Posted in June's Kelowna Real Estate Blog on January 27, 2006

But experts caution they shouldn't be counting on the spectacular price increases of the past five years to repeat.

While prices rose 12 per cent in Vancouver last year, and 16 per cent in Victoria and Kelowna, Re/Max Realty is forecasting an eight-per-cent average increase across British Columbia this year, and about five per cent nationally.

British Columbia has more real estate speculators than other areas of the country but they are not a great percentage of the overall investor market, said Elton Ash, regional vice-president of Re/Max for Western Canada.

"Compared to other markets, there is a greater segment of people looking at buying with the intention of reselling in the next one to two years," Ash said in an interview.

Asked if they are vulnerable to a market downturn, he replied: "We don't see the market changing dramatically in the next two years."

Although vacancy rates are relatively high compared to past years -- making it tougher to find tenants -- and stock markets have bounced back, Ash said the promise of rising real estate values is a major factor influencing investors, particularly in B.C. and Alberta.

The survey of 1,200 homeowners across the country also found that potential investors are fairly young. About 43 per cent of those intending to invest in property in the next two years are under 40.

That concerns Jim Rogers, chair of Rogers Group Financial in Vancouver, because younger investors may think that real estate prices go straight up.

"I would remind these folks that the average Multiple Listing price for a home in Vancouver fell by 20-25 per cent between 1980 and 1981. It took until 1986 to get back to 1980 values.

"Inevitably, when everybody decides it's a great idea, it is not a great idea any more. It is too late, and that is what I worry about here. They are basing their future decision on the last five years."

About 50 per cent of investors indicated they plan to hold their properties for 10 or more years, although Ash said they might be inclined to move on to their next income property if they were to realize a tidy profit in the interim.

He added that many younger people are entering the market with help from baby boomer parents who want to help their children before they die.

"I don't think our younger people suffer from lack of experience," Ash said. "They are better educated and more sophisticated about investing than the baby boomers were at that age. This is the age of information technology and information wasn't so accessible back then."

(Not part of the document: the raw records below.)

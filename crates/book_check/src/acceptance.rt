//! Whether the text of a book is good for a program.
ghost use Rattle.std.specs.Prelude.{◌≡◌, ◌≢◌, ◌≤◌, ◌<◌, ◌⊎◌, ℕ, List, length, map, false, slice_get, Some, IfOk, IfErr, MatchResult};
ghost use Rattle.core_program.specs.Typed.{IsTyped};
ghost use Rattle.core_program.specs.Views.{program_of};
ghost use Rattle.conditions.specs.Conditions.{cond_of, Cond};
ghost use Rattle.books.specs.Books.{Book, Line, AreTrees};
ghost use Rattle.books.specs.Memory.{book_of};
ghost use Rattle.book_lists.specs.Listed.{IsListedBook};
ghost use Rattle.books.specs.Views.{IsCursorAt};
ghost use Rattle.rules.specs.Near.{AreRelevant, loc_of, rel_of};
ghost use Rattle.rules.specs.Rules.{IsAdmissible};
ghost use Rattle.books.specs.Faults.{first_book_fault};
ghost use Rattle.books.specs.Texts.{IsBookText};
ghost use Rattle.books.specs.declared.stop.BookFault.{BookFault};
ghost use Rattle.book_check.specs.Checks.{HasAdmissible, IsJudgedText, IsTextUnjudged};
ghost use Rattle.book_check.specs.Faults.{IsUnjudged, IsWrongBook};
ghost use Rattle.book_check.specs.NearBooks.{IsNearBook};
ghost use Rattle.book_check.specs.BookWork.{book_work, most_book_work};
ghost use Rattle.book_check.specs.Good.{book_assignment, IsGoodBook};
ghost use Rattle.book_check.specs.declared.wrong.TextWrong.{TextWrong};
ghost use Rattle.book_check.specs.declared.wrong.Wrong.{Wrong};
ghost use Rattle.book_check.specs.Judges.{judge_near, judge_program, judge_table, AreCanonical};
ghost use Rattle.book_check.specs.Nearness.{AreNear, AreOwnNear};
ghost use Rattle.book_check.specs.Overs.{AreOversOf};
ghost use Rattle.book_check.specs.Passes.{AreLinesJudged, IsBookVerdict};

use crate::book_work::{MOST_WORK, is_little};
use crate::checked::Checked;
use crate::judge::Judge;
use crate::overs::{Overs, overs_of};
use crate::passes::{lines, shapes};
use crate::work::Work;
use crate::wrong::{TextWrong, Wrong};
use book_lists::{LinesInList, ListedBook, read_listed};
use books::{BookCursor, BookFault, DerivBook, Lines, LinesInMemory};
use conditions::Tree;
use core_program::CoreProgram;
use rules::RelevantSets;
use std::alloc::Global;
use std::cell::Cell;

/// A program whose book was refused, with its relevant sets and the reason.
#[derive(Drop)]
pub struct RefusedText {
    pub program: CoreProgram,
    pub sets: RelevantSets,
    pub why: TextWrong,
}

/// A program whose book was refused, with its relevant sets and the reason.
#[derive(Drop)]
pub struct Refused {
    pub program: CoreProgram,
    pub sets: RelevantSets,
    pub why: Wrong,
}

/// Whether a bound of work was met.
fn is_work(fault: Wrong) -> bool
    ensures { result ≡ false → fault ≢ Wrong.Work }
{
    matches!(fault, Wrong::Work)
}

/// The judgement of method lines: within a bound first, and with none where that is met by a book whose work is little.
fn judged_lines<L: Lines>(
    alloc: Global,
    judge: &Judge<'_>,
    over: &Overs,
    from: L,
) -> Result<(), Wrong>
    requires kept { L.AreLinesKept from }
    requires canonical { AreCanonical (judge_table judge.now) }
    requires overs { AreOversOf judge.now (L.lines from) over.now }
    ensures judged { (table : List Cond) → AreLinesJudged judge.now (record { table = table; lines = L.lines from }) result }
    ensures near { AreOwnNear judge.now → ((m : ℕ) (line : Line) → slice_get (L.lines from) m ≡ Some line → AreNear (judge_near judge.now m) (judge_table judge.now) line.body) →
        IfErr result (λ fault. fault ≢ Wrong.Work) }
    ensures work { IfErr result (λ fault. fault ≡ Wrong.Work → most_book_work < book_work (judge_program judge.now) (record { table = judge_table judge.now; lines = L.lines from })) }
{
    let left = Cell::new(MOST_WORK);
    let fault = match lines(alloc, Work::Bounded(&left), &*judge, over, from) {
        Ok(()) => return Ok(()),
        Err(fault) => fault,
    };
    if !is_work(fault) {
        return Err(fault);
    }
    if is_little(judge.program, judge.table, from) {
        return lines(alloc, Work::Unbounded, &*judge, over, from);
    }
    Err(fault)
}

/// The judgement of a book for a program, by its table and its method lines.
fn judged_book<L: Lines>(
    alloc: Global,
    program: &CoreProgram,
    sets: &RelevantSets,
    table: &[Tree],
    from: L,
) -> Result<(), Wrong>
    requires kept { L.AreLinesKept from }
    requires trees { AreTrees (map cond_of table.now) }
    requires typed { IsTyped (program_of program.now) }
    requires relevant { AreRelevant (program_of program.now) sets.now }
    ensures verdict { IsBookVerdict (program_of program.now) (rel_of sets.now) (record { table = map cond_of table.now; lines = L.lines from }) result }
    ensures near { IsNearBook (rel_of sets.now) (loc_of sets.now) (record { table = map cond_of table.now; lines = L.lines from }) → IfErr result (λ why. why ≢ Wrong.Work) }
    ensures work { IfErr result (λ why. why ≡ Wrong.Work → most_book_work < book_work (program_of program.now) (record { table = map cond_of table.now; lines = L.lines from })) }
{
    let numbers = match shapes(alloc, program, from) {
        Ok(numbers) => numbers,
        Err(wrong) => return Err(wrong),
    };
    let judge = Judge {
        program,
        sets,
        table,
        lines: numbers.as_slice(),
    };
    let over = overs_of(alloc, &judge)?;
    judged_lines(alloc, &judge, &over, from)
}

/// The judgement of a book in memory.
fn judged_memory(
    alloc: Global,
    program: &CoreProgram,
    sets: &RelevantSets,
    book: &DerivBook,
) -> Result<(), Wrong>
    requires typed { IsTyped (program_of program.now) }
    requires relevant { AreRelevant (program_of program.now) sets.now }
    ensures verdict { IsBookVerdict (program_of program.now) (rel_of sets.now) (book_of book.now) result }
    ensures near { IsNearBook (rel_of sets.now) (loc_of sets.now) (book_of book.now) → IfErr result (λ why. why ≢ Wrong.Work) }
    ensures work { IfErr result (λ why. why ≡ Wrong.Work → most_book_work < book_work (program_of program.now) (book_of book.now)) }
{
    let lines = LinesInMemory {
        lines: book.methods.as_slice(),
    };
    judged_book(alloc, program, sets, book.table.as_slice(), lines)
}

/// The judgement of a book in lists.
fn judged_listed(
    alloc: Global,
    program: &CoreProgram,
    sets: &RelevantSets,
    lists: &ListedBook,
) -> Result<(), Wrong>
    requires listed { (book : Book) × IsListedBook lists.now book }
    requires typed { IsTyped (program_of program.now) }
    requires relevant { AreRelevant (program_of program.now) sets.now }
    ensures verdict { (book : Book) → IsListedBook lists.now book → IsBookVerdict (program_of program.now) (rel_of sets.now) book result }
    ensures near { (book : Book) → IsListedBook lists.now book → IsNearBook (rel_of sets.now) (loc_of sets.now) book → IfErr result (λ why. why ≢ Wrong.Work) }
    ensures work { (book : Book) → IsListedBook lists.now book → IfErr result (λ why. why ≡ Wrong.Work → most_book_work < book_work (program_of program.now) book) }
{
    let lines = LinesInList {
        lines: lists.lines.as_slice(),
        nodes: lists.nodes.as_slice(),
    };
    judged_book(alloc, program, sets, lists.table.as_slice(), lines)
}

/// The judgement of the book at which a cursor stands, with no derivation in memory.
fn judged_at(
    alloc: Global,
    program: &CoreProgram,
    sets: &RelevantSets,
    cursor: BookCursor<'_>,
) -> Result<(), Wrong>
    requires book { (book : Book) × IsCursorAt cursor book }
    requires typed { IsTyped (program_of program.now) }
    requires relevant { AreRelevant (program_of program.now) sets.now }
    ensures verdict { (book : Book) → IsCursorAt cursor.entry book → IsBookVerdict (program_of program.now) (rel_of sets.now) book result }
    ensures near { (book : Book) → IsCursorAt cursor.entry book → IsNearBook (rel_of sets.now) (loc_of sets.now) book → IfErr result (λ why. why ≢ Wrong.Work) }
    ensures work { (book : Book) → IsCursorAt cursor.entry book → IfErr result (λ why. why ≡ Wrong.Work → most_book_work < book_work (program_of program.now) book) }
{
    let table = match cursor.table(alloc) {
        Ok(table) => table,
        Err(_) => return Err(Wrong::Memory),
    };
    judged_book(alloc, program, sets, table.as_slice(), cursor)
}

/// The judgement of a text for a program, with no derivation in memory.
fn judged_in_place(
    alloc: Global,
    program: &CoreProgram,
    sets: &RelevantSets,
    bytes: &[u8],
) -> Result<(), TextWrong>
    requires short { length bytes.now ≤ 16777216 }
    requires typed { IsTyped (program_of program.now) }
    requires relevant { AreRelevant (program_of program.now) sets.now }
    ensures judged { IsJudgedText (program_of program.now) (rel_of sets.now) bytes.now result }
    ensures near { (book : Book) → IsBookText bytes.now book → IsNearBook (rel_of sets.now) (loc_of sets.now) book → IfErr result (λ why. why ≢ TextWrong.Wrong Wrong.Work) }
    ensures work { (book : Book) → IsBookText bytes.now book → IfErr result (λ why. why ≡ TextWrong.Wrong Wrong.Work → most_book_work < book_work (program_of program.now) book) }
{
    let cursor = match BookCursor::open(bytes) {
        Ok(cursor) => cursor,
        Err(fault) => return Err(TextWrong::Book(fault)),
    };
    match judged_at(alloc, program, sets, cursor) {
        Ok(()) => Ok(()),
        Err(wrong) => Err(TextWrong::Wrong(wrong)),
    }
}

/// The judgement of a text for a program. The text is read into lists, where there is memory: there a node's premises are passed over
/// at once. Else, and where it is no book's, it is judged in place.
fn judged(
    alloc: Global,
    program: &CoreProgram,
    sets: &RelevantSets,
    bytes: &[u8],
) -> Result<(), TextWrong>
    requires short { length bytes.now ≤ 16777216 }
    requires typed { IsTyped (program_of program.now) }
    requires relevant { AreRelevant (program_of program.now) sets.now }
    ensures judged { IsJudgedText (program_of program.now) (rel_of sets.now) bytes.now result }
    ensures near { (book : Book) → IsBookText bytes.now book → IsNearBook (rel_of sets.now) (loc_of sets.now) book → IfErr result (λ why. why ≢ TextWrong.Wrong Wrong.Work) }
    ensures work { (book : Book) → IsBookText bytes.now book → IfErr result (λ why. why ≡ TextWrong.Wrong Wrong.Work → most_book_work < book_work (program_of program.now) book) }
{
    let Ok(lists) = read_listed(alloc, bytes) else {
        return judged_in_place(alloc, program, sets, bytes);
    };
    match judged_listed(alloc, program, sets, &lists) {
        Ok(()) => Ok(()),
        Err(wrong) => Err(TextWrong::Wrong(wrong)),
    }
}

/// Checks a program by the text of a book, which has at most 16,777,216 bytes and may be anyone's. Hands program and sets back
/// where it refuses.
pub fn accept_text(
    alloc: Global,
    program: CoreProgram,
    sets: RelevantSets,
    bytes: &[u8],
) -> Result<Checked, RefusedText>
    requires short { length bytes.now ≤ 16777216 }
    requires typed { IsTyped (program_of program) }
    requires relevant { AreRelevant (program_of program) sets }

    // The program is checked, or the refusal hands it back with its cause.
    ensures checked { IfOk result (λ checked. checked ≡ (program, sets)) }
    ensures accepted { IfOk result (λ _. IsJudgedText (program_of program) (rel_of sets) bytes.now (Ok (tt {0}))) }
    ensures admissible { IfOk result (λ _. HasAdmissible (program_of program) (rel_of sets) bytes.now) }
    ensures program_back { IfErr result (λ refused. refused.program ≡ program) }
    ensures sets_back { IfErr result (λ refused. refused.sets ≡ sets) }
    ensures refused { IfErr result (λ refused. IsJudgedText (program_of program) (rel_of sets) bytes.now (Err refused.why)) }

    // Each fault is told, and a good book is taken, unless the book isn't judged.
    ensures only_fault { (fault : BookFault) → first_book_fault bytes.now ≡ Some fault →
        MatchResult result (λ _. ⊥) (λ refused. refused.why ≡ TextWrong.Book fault) }
    ensures only_wrong { (book : Book) (fault : Wrong) → IsBookText bytes.now book → (IsUnjudged fault → ⊥) → IsWrongBook (program_of program) (rel_of sets) book fault →
        MatchResult result (λ _. ⊥) (λ refused. (refused.why ≡ TextWrong.Wrong fault) ⊎ IsTextUnjudged refused.why) }
    ensures only_good { (book : Book) → IsBookText bytes.now book → IsGoodBook (program_of program) (rel_of sets) book →
        IfErr result (λ refused. IsTextUnjudged refused.why) }

    // A book each of whose trees tests only paths near its method meets no bound of work.
    ensures near { (book : Book) → IsBookText bytes.now book → IsNearBook (rel_of sets) (loc_of sets) book →
        IfErr result (λ refused. refused.why ≢ TextWrong.Wrong Wrong.Work) }

    // A bound of work is met only where the work of the book is above it.
    ensures work { (book : Book) → IsBookText bytes.now book →
        IfErr result (λ refused. refused.why ≡ TextWrong.Wrong Wrong.Work → most_book_work < book_work (program_of program) book) }
{
    // Only the proof needs this: no method has too many paths.
    sets.few();
    match judged(alloc, &program, &sets, bytes) {
        Ok(()) => Ok(Checked { program, sets }),
        Err(why) => Err(RefusedText { program, sets, why }),
    }
}

/// Checks a program by a book in memory, which may be anyone's. Hands program and sets back where it refuses.
pub fn accept(
    alloc: Global,
    program: CoreProgram,
    sets: RelevantSets,
    book: &DerivBook,
) -> Result<Checked, Refused>
    requires typed { IsTyped (program_of program) }
    requires relevant { AreRelevant (program_of program) sets }

    // The program is checked, or the refusal hands it back with its cause.
    ensures checked { IfOk result (λ checked. checked ≡ (program, sets)) }
    ensures accepted { IfOk result (λ _. IsGoodBook (program_of program) (rel_of sets) (book_of book.now)) }
    ensures admissible { IfOk result (λ _. IsAdmissible (program_of program) (rel_of sets) (book_assignment (book_of book.now))) }
    ensures program_back { IfErr result (λ refused. refused.program ≡ program) }
    ensures sets_back { IfErr result (λ refused. refused.sets ≡ sets) }
    ensures refused { IfErr result (λ refused. IsWrongBook (program_of program) (rel_of sets) (book_of book.now) refused.why) }

    // What is wrong first is told, and a good book is taken, unless the book isn't judged.
    ensures only_wrong { (fault : Wrong) → (IsUnjudged fault → ⊥) → IsWrongBook (program_of program) (rel_of sets) (book_of book.now) fault →
        MatchResult result (λ _. ⊥) (λ refused. (refused.why ≡ fault) ⊎ IsUnjudged refused.why) }
    ensures only_good { IsGoodBook (program_of program) (rel_of sets) (book_of book.now) → IfErr result (λ refused. IsUnjudged refused.why) }

    // A book each of whose trees tests only paths near its method meets no bound of work.
    ensures near { IsNearBook (rel_of sets) (loc_of sets) (book_of book.now) → IfErr result (λ refused. refused.why ≢ Wrong.Work) }

    // A bound of work is met only where the work of the book is above it.
    ensures work { IfErr result (λ refused. refused.why ≡ Wrong.Work → most_book_work < book_work (program_of program) (book_of book.now)) }
{
    // Only the proof needs this: no method has too many paths.
    sets.few();
    match judged_memory(alloc, &program, &sets, book) {
        Ok(()) => Ok(Checked { program, sets }),
        Err(why) => Err(Refused { program, sets, why }),
    }
}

Close to 30 per cent of those polled already own one or more investment properties and about 18 per cent indicated that real estate represented more than 51 per cent of their total investments.

Rogers said 51 per cent is too much and a balanced portfolio would contain no more than 30 per cent real estate, 30 per cent fixed-income securities such as bonds or GICs, 30 per cent equities, and 10 per cent cash, or cash equivalents. He noted that major pension funds, a handy proxy for how to invest over the longer term, have no more than 10-15 per cent of their holdings in real estate.

The Re/Max survey was conducted by Toronto-based Hart & Associates with results considered accurate within plus or minus 2.5 percentage points, 19 times out of 20.

(prepared by Michael Kane/Vancouver Sun)

REAL ESTATE PRICES:

What goes up can go down. Hefty increases in real estate prices are expected this year. However:

16%: Last year's average increase in Kelowna and Victoria.

12%: Last year's average increase in Vancouver.

8%: This year's forecast increase across B.C.

5%: This year's forecast increase across Canada.

20-25%: Average decline between 1980-81.